--- Exercise brief ---
Scan the lines below for "takes" and copy the matches.

-- Opening Marker --

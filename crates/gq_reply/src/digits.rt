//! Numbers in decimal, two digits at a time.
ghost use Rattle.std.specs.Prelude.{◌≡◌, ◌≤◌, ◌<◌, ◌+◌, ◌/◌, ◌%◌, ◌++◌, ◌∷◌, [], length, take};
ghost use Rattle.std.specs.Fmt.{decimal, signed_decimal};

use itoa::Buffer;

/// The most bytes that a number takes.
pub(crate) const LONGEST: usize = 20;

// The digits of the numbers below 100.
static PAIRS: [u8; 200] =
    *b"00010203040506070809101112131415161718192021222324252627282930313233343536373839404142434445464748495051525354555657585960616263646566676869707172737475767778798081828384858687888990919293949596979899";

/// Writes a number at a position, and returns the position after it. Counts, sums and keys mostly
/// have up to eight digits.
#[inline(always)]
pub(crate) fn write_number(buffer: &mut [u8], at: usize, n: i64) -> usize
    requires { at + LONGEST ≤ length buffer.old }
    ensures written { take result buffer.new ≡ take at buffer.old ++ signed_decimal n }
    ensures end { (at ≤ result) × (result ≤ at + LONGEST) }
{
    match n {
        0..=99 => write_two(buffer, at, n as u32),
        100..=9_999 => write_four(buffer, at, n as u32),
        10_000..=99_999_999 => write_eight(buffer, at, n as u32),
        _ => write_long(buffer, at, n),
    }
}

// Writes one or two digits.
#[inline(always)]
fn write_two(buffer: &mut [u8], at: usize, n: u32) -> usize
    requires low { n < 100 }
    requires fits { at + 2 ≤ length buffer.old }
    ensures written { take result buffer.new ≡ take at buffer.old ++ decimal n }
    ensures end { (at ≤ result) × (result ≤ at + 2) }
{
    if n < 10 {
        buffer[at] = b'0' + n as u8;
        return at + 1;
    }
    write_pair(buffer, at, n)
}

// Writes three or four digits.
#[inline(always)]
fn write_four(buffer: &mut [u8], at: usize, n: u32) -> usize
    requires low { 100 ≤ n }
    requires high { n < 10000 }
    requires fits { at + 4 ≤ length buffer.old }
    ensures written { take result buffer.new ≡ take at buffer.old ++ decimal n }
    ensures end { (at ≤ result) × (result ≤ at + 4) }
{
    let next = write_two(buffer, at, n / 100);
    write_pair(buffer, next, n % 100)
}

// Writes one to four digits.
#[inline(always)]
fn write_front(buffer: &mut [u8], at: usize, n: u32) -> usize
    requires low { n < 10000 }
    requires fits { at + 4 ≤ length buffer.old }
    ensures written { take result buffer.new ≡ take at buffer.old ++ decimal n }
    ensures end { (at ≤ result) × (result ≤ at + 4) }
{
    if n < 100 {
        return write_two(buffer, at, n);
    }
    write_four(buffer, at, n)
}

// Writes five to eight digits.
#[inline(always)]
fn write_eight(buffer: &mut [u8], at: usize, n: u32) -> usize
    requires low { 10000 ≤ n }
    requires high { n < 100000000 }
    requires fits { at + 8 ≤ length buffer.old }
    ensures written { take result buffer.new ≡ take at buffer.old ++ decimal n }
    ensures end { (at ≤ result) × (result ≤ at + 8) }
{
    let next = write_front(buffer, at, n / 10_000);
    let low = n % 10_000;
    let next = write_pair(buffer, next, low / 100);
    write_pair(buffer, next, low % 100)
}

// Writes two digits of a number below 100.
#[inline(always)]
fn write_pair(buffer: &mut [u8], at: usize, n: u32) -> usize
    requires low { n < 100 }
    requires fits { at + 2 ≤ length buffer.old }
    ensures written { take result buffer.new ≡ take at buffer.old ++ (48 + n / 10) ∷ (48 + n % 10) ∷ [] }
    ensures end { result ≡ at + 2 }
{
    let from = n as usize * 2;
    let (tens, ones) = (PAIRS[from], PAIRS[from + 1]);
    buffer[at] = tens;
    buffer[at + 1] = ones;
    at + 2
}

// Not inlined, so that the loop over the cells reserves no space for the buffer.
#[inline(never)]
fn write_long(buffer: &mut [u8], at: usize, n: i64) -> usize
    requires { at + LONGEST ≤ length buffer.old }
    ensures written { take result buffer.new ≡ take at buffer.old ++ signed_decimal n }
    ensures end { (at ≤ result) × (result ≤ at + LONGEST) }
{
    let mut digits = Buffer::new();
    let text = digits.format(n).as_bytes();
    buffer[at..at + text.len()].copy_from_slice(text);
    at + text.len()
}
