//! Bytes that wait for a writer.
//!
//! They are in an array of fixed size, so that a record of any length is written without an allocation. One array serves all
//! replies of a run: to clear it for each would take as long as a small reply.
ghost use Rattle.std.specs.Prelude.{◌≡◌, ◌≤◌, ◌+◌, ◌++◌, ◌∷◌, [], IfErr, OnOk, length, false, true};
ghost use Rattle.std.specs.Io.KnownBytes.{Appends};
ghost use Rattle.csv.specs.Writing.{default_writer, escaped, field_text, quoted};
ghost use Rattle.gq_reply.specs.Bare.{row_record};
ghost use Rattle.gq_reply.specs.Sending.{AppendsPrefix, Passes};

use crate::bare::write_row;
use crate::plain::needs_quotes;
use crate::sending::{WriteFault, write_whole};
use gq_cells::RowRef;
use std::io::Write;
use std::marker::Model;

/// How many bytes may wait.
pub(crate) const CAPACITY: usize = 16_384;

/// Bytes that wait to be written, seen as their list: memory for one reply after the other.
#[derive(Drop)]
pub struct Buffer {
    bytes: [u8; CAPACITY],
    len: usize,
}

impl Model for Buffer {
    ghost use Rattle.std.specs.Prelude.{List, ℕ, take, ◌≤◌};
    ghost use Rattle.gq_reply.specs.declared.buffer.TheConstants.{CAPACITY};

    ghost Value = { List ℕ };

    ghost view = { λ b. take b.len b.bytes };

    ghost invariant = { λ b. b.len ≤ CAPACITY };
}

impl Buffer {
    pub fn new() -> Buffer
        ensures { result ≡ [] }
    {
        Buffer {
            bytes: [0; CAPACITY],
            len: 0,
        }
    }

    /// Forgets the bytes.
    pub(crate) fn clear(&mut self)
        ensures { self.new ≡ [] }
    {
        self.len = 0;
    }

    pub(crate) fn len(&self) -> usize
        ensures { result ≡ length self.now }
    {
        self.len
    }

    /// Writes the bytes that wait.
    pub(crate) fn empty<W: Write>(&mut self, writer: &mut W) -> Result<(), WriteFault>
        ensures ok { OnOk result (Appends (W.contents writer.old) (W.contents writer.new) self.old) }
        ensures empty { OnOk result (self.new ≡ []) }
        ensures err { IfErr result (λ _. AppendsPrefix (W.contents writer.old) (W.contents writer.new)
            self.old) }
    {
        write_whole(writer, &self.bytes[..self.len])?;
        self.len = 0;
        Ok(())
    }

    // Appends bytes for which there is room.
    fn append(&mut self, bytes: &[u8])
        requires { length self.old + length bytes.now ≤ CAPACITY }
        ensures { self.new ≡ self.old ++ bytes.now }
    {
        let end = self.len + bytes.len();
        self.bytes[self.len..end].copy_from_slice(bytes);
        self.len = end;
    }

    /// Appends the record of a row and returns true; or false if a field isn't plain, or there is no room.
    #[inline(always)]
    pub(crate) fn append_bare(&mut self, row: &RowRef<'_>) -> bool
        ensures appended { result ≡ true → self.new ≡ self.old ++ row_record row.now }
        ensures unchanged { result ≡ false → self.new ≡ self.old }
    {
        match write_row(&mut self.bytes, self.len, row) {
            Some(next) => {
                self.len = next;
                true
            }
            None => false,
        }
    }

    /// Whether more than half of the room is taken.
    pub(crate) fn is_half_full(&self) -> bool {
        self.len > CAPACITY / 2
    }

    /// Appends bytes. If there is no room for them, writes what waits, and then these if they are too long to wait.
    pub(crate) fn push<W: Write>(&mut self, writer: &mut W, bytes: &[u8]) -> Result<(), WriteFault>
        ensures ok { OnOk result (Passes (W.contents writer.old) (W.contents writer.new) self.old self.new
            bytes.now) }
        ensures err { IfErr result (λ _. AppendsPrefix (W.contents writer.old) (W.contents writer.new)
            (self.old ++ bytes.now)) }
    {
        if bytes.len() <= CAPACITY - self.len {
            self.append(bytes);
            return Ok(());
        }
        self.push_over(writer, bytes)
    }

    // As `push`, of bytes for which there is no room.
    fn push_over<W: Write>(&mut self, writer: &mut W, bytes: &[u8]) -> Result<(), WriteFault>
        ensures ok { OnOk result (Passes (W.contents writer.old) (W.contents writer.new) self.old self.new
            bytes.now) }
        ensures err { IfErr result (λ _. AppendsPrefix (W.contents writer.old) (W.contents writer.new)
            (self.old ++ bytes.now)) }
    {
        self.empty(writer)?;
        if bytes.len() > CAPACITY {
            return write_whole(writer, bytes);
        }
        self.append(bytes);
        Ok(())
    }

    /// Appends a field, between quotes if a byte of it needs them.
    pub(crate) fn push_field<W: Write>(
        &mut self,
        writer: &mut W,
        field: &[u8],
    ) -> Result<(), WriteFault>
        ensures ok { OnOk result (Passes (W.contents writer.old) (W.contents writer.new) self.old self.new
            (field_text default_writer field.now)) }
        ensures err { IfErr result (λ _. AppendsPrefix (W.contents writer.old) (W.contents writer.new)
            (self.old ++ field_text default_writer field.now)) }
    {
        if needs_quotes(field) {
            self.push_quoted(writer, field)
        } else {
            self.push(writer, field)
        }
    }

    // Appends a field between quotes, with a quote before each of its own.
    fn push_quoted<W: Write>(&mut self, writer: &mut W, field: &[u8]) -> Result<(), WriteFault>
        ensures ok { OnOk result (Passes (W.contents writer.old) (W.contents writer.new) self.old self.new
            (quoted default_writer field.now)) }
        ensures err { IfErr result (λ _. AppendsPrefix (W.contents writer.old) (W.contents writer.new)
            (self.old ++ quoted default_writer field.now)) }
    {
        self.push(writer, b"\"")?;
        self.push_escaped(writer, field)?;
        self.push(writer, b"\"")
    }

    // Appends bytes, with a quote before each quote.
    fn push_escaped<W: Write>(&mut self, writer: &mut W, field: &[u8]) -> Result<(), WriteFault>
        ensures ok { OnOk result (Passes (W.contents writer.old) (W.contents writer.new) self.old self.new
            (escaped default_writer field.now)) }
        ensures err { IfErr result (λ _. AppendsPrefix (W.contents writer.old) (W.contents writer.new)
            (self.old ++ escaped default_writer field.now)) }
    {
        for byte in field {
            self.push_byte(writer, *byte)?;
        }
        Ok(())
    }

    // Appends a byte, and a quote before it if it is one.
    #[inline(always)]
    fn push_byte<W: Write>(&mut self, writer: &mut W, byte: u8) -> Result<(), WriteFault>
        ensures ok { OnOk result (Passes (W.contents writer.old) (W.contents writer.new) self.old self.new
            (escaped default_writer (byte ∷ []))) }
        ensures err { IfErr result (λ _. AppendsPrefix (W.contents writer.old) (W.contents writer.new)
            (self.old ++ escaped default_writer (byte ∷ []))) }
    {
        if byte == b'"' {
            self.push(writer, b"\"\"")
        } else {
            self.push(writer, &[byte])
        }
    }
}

-- Closing Marker --
-- Opening Marker --

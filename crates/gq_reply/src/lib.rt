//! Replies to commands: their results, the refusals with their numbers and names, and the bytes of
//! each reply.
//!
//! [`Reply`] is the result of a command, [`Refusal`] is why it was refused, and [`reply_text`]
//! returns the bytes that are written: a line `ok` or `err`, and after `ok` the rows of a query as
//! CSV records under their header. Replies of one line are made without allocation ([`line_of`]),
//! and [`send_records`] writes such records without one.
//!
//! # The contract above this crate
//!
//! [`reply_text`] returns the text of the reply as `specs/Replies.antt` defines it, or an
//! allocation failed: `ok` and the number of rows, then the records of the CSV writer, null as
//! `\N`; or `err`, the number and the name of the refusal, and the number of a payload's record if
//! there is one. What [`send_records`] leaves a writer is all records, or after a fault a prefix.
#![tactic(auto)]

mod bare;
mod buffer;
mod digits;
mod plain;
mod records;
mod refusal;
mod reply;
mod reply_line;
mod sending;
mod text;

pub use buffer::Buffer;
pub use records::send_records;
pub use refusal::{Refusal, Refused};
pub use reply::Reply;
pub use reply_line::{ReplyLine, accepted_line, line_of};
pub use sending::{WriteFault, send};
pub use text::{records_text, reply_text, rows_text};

-- Closing Marker --
-- Opening Marker --

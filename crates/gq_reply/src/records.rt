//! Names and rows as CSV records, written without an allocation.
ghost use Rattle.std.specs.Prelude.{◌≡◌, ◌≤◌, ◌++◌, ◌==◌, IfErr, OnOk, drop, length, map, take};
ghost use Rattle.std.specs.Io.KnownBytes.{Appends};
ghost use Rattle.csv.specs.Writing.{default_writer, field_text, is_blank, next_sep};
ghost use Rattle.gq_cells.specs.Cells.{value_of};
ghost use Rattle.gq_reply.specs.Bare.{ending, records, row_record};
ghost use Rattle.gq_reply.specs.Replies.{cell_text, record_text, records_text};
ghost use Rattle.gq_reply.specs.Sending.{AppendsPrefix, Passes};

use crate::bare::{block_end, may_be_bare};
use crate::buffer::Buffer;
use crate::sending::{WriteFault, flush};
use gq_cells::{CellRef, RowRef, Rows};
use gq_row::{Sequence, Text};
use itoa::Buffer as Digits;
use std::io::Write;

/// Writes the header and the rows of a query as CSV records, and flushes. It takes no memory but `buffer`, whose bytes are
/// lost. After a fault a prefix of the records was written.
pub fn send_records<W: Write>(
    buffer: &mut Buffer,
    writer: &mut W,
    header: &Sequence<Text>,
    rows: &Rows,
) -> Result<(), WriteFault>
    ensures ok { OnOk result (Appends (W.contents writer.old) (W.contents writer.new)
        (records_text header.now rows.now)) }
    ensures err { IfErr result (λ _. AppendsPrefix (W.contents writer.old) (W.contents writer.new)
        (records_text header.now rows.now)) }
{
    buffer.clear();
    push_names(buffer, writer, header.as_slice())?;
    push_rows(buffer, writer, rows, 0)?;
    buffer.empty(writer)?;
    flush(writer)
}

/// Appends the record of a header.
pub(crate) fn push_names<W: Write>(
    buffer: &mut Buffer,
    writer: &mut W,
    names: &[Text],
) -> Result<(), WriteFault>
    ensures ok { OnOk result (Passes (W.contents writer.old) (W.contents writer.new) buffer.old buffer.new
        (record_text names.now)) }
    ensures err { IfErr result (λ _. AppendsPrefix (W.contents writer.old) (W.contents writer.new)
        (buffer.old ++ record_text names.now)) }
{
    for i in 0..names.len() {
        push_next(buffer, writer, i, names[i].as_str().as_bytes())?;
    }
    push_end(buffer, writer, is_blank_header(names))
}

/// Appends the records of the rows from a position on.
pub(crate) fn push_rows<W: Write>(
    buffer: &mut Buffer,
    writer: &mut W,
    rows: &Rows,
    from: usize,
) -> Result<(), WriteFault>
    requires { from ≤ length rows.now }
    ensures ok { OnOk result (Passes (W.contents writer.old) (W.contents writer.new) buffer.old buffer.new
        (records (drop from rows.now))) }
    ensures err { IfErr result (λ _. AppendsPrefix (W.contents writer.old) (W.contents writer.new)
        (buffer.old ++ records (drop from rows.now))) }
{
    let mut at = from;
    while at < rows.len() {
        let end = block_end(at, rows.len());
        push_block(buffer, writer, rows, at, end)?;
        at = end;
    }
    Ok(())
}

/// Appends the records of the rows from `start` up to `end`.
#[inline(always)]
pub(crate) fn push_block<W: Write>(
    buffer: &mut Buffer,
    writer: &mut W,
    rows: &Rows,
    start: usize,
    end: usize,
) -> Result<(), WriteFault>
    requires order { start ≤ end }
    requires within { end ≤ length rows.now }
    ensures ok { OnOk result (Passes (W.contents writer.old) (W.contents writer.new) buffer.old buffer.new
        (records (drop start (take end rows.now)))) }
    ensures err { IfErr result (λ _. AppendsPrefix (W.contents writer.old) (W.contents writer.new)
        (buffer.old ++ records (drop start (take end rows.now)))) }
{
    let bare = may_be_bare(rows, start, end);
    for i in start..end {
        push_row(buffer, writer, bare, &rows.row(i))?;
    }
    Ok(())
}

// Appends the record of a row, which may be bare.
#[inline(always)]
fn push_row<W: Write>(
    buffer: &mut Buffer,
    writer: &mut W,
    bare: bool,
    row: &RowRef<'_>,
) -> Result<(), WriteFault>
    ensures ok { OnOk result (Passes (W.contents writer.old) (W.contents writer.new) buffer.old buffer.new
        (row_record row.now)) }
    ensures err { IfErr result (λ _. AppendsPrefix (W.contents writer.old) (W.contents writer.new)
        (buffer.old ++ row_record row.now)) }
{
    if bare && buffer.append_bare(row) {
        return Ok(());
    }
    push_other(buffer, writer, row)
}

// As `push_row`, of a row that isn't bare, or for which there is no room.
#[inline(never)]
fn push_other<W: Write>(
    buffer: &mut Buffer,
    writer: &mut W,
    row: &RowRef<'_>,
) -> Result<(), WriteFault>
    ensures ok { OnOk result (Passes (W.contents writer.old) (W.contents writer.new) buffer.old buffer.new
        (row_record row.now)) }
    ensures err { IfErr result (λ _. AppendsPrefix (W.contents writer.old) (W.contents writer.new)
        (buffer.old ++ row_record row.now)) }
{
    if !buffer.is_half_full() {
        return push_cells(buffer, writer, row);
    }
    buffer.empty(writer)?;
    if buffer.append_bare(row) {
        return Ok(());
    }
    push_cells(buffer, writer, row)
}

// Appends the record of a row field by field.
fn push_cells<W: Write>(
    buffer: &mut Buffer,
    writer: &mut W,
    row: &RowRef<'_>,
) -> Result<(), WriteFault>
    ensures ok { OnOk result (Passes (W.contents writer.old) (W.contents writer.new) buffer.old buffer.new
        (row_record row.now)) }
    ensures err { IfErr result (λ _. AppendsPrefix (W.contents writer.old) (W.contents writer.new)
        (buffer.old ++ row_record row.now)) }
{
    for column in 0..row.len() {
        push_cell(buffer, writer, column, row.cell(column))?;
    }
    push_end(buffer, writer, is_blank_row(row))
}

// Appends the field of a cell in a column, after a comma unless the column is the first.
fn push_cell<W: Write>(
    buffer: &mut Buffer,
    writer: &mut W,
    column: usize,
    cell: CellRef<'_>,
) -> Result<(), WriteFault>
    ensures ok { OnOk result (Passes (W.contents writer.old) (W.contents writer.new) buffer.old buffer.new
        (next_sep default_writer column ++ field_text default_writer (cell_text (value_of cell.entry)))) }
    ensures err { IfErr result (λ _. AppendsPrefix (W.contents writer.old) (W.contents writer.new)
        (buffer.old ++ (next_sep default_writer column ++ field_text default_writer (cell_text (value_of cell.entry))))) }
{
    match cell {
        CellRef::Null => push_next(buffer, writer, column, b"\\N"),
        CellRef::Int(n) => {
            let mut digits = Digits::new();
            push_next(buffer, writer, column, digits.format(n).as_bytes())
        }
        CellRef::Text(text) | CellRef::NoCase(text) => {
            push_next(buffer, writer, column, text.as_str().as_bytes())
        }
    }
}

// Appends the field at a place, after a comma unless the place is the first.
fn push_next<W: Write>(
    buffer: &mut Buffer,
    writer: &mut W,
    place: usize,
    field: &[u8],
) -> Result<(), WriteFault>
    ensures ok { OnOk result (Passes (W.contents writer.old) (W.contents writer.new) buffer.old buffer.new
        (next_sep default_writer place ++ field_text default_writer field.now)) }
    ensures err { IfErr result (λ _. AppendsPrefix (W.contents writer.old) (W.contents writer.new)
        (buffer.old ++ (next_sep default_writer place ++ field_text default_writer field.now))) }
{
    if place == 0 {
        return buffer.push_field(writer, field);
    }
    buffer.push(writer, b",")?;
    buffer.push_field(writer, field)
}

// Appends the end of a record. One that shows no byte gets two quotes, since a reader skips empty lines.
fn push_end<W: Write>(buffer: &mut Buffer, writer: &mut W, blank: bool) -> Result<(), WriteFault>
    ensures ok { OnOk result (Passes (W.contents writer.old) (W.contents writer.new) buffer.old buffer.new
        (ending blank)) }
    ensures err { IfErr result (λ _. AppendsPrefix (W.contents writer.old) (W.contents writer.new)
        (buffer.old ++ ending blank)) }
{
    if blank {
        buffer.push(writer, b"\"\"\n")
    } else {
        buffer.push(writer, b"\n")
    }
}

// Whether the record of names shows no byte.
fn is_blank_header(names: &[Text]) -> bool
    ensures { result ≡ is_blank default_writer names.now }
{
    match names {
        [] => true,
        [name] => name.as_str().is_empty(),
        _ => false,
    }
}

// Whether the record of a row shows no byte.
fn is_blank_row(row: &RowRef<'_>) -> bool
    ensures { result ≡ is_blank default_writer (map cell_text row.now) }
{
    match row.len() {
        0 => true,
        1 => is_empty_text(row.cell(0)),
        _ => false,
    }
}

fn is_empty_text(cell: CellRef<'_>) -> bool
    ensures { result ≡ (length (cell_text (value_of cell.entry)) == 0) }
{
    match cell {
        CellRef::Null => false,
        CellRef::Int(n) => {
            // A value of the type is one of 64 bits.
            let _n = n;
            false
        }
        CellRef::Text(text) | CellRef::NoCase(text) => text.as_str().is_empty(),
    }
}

-- Closing Marker --

--- Solution for this problem ---
/// The most bytes that a number takes.
/// Writes the header and the rows of a query as CSV records, and flushes. It takes no memory but `buffer`, whose bytes are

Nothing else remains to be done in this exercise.